*** Block opens ***

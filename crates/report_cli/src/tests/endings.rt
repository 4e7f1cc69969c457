//! How each planner ends where it is refused, or something fails in it: with which status, and with
//! what it says.
use crate::tests::faults::{Ending, Failing};
use crate::tests::run_ends_as_expected;
use std::alloc::Global;
use worktree_fs::{CallKind, NewNode};

const FILE: NewNode<'static> = NewNode::File(b"");

const CLEAN: &[&[u8]] = &[b"clean", b"all", b"nonbare", b"/w", b"/s"];

const MODULES: &[&[u8]] = &[b"modules", b"/w", b"/s"];

const STATUS: &[&[u8]] = &[b"status", b"/w", b"/s"];

/// The words of each, where there is no setup.
const WITHOUT_SETUP: [&[&[u8]]; 3] = [
    &[b"clean", b"all", b"nonbare", b"/w", b"/t"],
    &[b"modules", b"/w", b"/t"],
    &[b"status", b"/w", b"/t"],
];

/// A file that the index has, one that it has not, and a submodule.
const CHECKOUT: &[(&[u8], NewNode<'static>)] = &[
    (
        b"/w/.gitmodules",
        NewNode::File(b"[submodule \"m\"]\npath = lib\nurl = u\n"),
    ),
    (b"/w/a", FILE),
    (b"/w/lib", NewNode::Directory),
    (b"/w/n", FILE),
    (b"/c", NewNode::File(b"[submodule \"m\"]\nurl = u\n")),
    (b"/e", NewNode::File(b"[x")),
    (b"/i", NewNode::File(b"[submodule]\nactive = /x\n")),
];

/// Its index, and one configuration.
const SETUP: &[u8] =
    b"index 100644 0 - e69de29bb2d1d6434b8b29ae775ad8c2e48c5391 .gitmodules\nindex 100644 0 - e69de29bb2d1d6434b8b29ae775ad8c2e48c5391 a\nindex 160000 0 - - lib\nconfig local /c\n";

/// A setup with a line outside the grammar, behind one in it.
const ODD_SETUP: &[u8] = b"index 100644 0 - - a\nx\n";

/// A traversal root that is not there.
const ROOT_IS_GONE: &[u8] = b"root gone\n";

/// A configuration outside the grammar, behind one in it.
const ODD_CONFIG: &[u8] = b"option submodules yes\nconfig local /c\nconfig local /e\n";

/// A configuration with a path spec that is refused.
const ODD_SPEC: &[u8] = b"option submodules yes\nconfig local /i\n";

const TO_REMOVE: &[u8] = b"n\n";

const TO_UPDATE: &[u8] = b"checkout\tlib\tm\n";

const CHANGED: &[u8] = b"modified\t.gitmodules\nunchecked\tlib\nuntracked file - always - -\tn\n";

const INTERRUPTED: Ending = (1, b"interrupted\n", 0);

const SECOND_LINE: Ending = (3, b"setup: line 2\n", 0);

const GONE: Ending = (4, b"walk: missing-root /w/gone\n", 0);

const SECOND_CONFIG: Ending = (5, b"config 2: line 1\n", 0);

const FIRST_VALUE: Ending = (5, b"active: value 1\n", 0);

const FAULT: Ending = (6, b"worktree fault\n", 1);

const REFUSED: Ending = (7, b"output fault\n", 0);

/// The words, a setup over [`CHECKOUT`], what fails, and how the program ends then.
pub type Case = (&'static [&'static [u8]], &'static [u8], Failing, Ending);

pub static ENDINGS: [Case; 33] = [
    (CLEAN, SETUP, Failing::Nothing, (0, TO_REMOVE, 0)),
    (CLEAN, SETUP, Failing::Interrupt(1), INTERRUPTED),
    (CLEAN, ODD_SETUP, Failing::Nothing, SECOND_LINE),
    (CLEAN, ROOT_IS_GONE, Failing::Nothing, GONE),
    // What tells of submodules is not read.
    (
        CLEAN,
        ODD_CONFIG,
        Failing::Nothing,
        (0, b".gitmodules\na\nlib\nn\n", 0),
    ),
    (CLEAN, SETUP, Failing::Call(CallKind::Read, 1), FAULT),
    (CLEAN, SETUP, Failing::Call(CallKind::ListOpen, 1), FAULT),
    (CLEAN, SETUP, Failing::Call(CallKind::ListEntry, 1), FAULT),
    (CLEAN, SETUP, Failing::Call(CallKind::RealPath, 2), FAULT),
    (CLEAN, SETUP, Failing::Out, REFUSED),
    (MODULES, SETUP, Failing::Nothing, (0, TO_UPDATE, 0)),
    // No interrupt is asked, and nothing is listed.
    (MODULES, SETUP, Failing::Interrupt(1), (0, TO_UPDATE, 0)),
    (
        MODULES,
        ROOT_IS_GONE,
        Failing::Nothing,
        (0, b"skip inactive\tm\n", 0),
    ),
    (
        MODULES,
        SETUP,
        Failing::Call(CallKind::ListOpen, 1),
        (0, TO_UPDATE, 0),
    ),
    (MODULES, ODD_SETUP, Failing::Nothing, SECOND_LINE),
    (MODULES, ODD_CONFIG, Failing::Nothing, SECOND_CONFIG),
    (MODULES, ODD_SPEC, Failing::Nothing, FIRST_VALUE),
    (MODULES, SETUP, Failing::Call(CallKind::Read, 1), FAULT),
    (MODULES, SETUP, Failing::Call(CallKind::Read, 2), FAULT),
    (MODULES, SETUP, Failing::Call(CallKind::Read, 3), FAULT),
    (MODULES, SETUP, Failing::Call(CallKind::Kind, 1), FAULT),
    (MODULES, SETUP, Failing::Out, REFUSED),
    (STATUS, SETUP, Failing::Nothing, (0, CHANGED, 0)),
    (STATUS, SETUP, Failing::Interrupt(1), INTERRUPTED),
    (STATUS, ODD_SETUP, Failing::Nothing, SECOND_LINE),
    (STATUS, ROOT_IS_GONE, Failing::Nothing, GONE),
    (STATUS, ODD_CONFIG, Failing::Nothing, SECOND_CONFIG),
    (STATUS, ODD_SPEC, Failing::Nothing, FIRST_VALUE),
    (STATUS, SETUP, Failing::Call(CallKind::Read, 1), FAULT),
    (STATUS, SETUP, Failing::Call(CallKind::ListOpen, 1), FAULT),
    // Behind the report: the first file is read, and the submodule is looked at.
    (STATUS, SETUP, Failing::Call(CallKind::Read, 3), FAULT),
    (STATUS, SETUP, Failing::Call(CallKind::Kind, 6), FAULT),
    (STATUS, SETUP, Failing::Out, REFUSED),
];

/// Whether this case ends as it says.
pub fn case_ends_as_expected(alloc: Global, case: &Case) -> bool {
    let (words, setup, failing, ending) = case;
    run_ends_as_expected(alloc, words, CHECKOUT, setup, *failing, *ending)
}

/// Whether each planner says that there is no setup.
pub fn planners_refuse_missing_setup(alloc: Global) -> bool {
    for words in WITHOUT_SETUP {
        if !run_ends_as_expected(
            alloc,
            words,
            CHECKOUT,
            SETUP,
            Failing::Nothing,
            (3, b"setup: line 0\n", 0),
        ) {
            return false;
        }
    }
    true
}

*** Block closes ***

Aim of the task: Using the listing above, return word for word each line from the one that has "const ROOT_IS_GONE: &[u8]" through the one that has "const SECOND_LINE: Ending", and no line outside that range.

Written answer:
const ROOT_IS_GONE: &[u8] = b"root gone\n";

/// A configuration outside the grammar, behind one in it.
const ODD_CONFIG: &[u8] = b"option submodules yes\nconfig local /c\nconfig local /e\n";

/// A configuration with a path spec that is refused.
const ODD_SPEC: &[u8] = b"option submodules yes\nconfig local /i\n";

const TO_REMOVE: &[u8] = b"n\n";

const TO_UPDATE: &[u8] = b"checkout\tlib\tm\n";

const CHANGED: &[u8] = b"modified\t.gitmodules\nunchecked\tlib\nuntracked file - always - -\tn\n";

const INTERRUPTED: Ending = (1, b"interrupted\n", 0);

const SECOND_LINE: Ending = (3, b"setup: line 2\n", 0);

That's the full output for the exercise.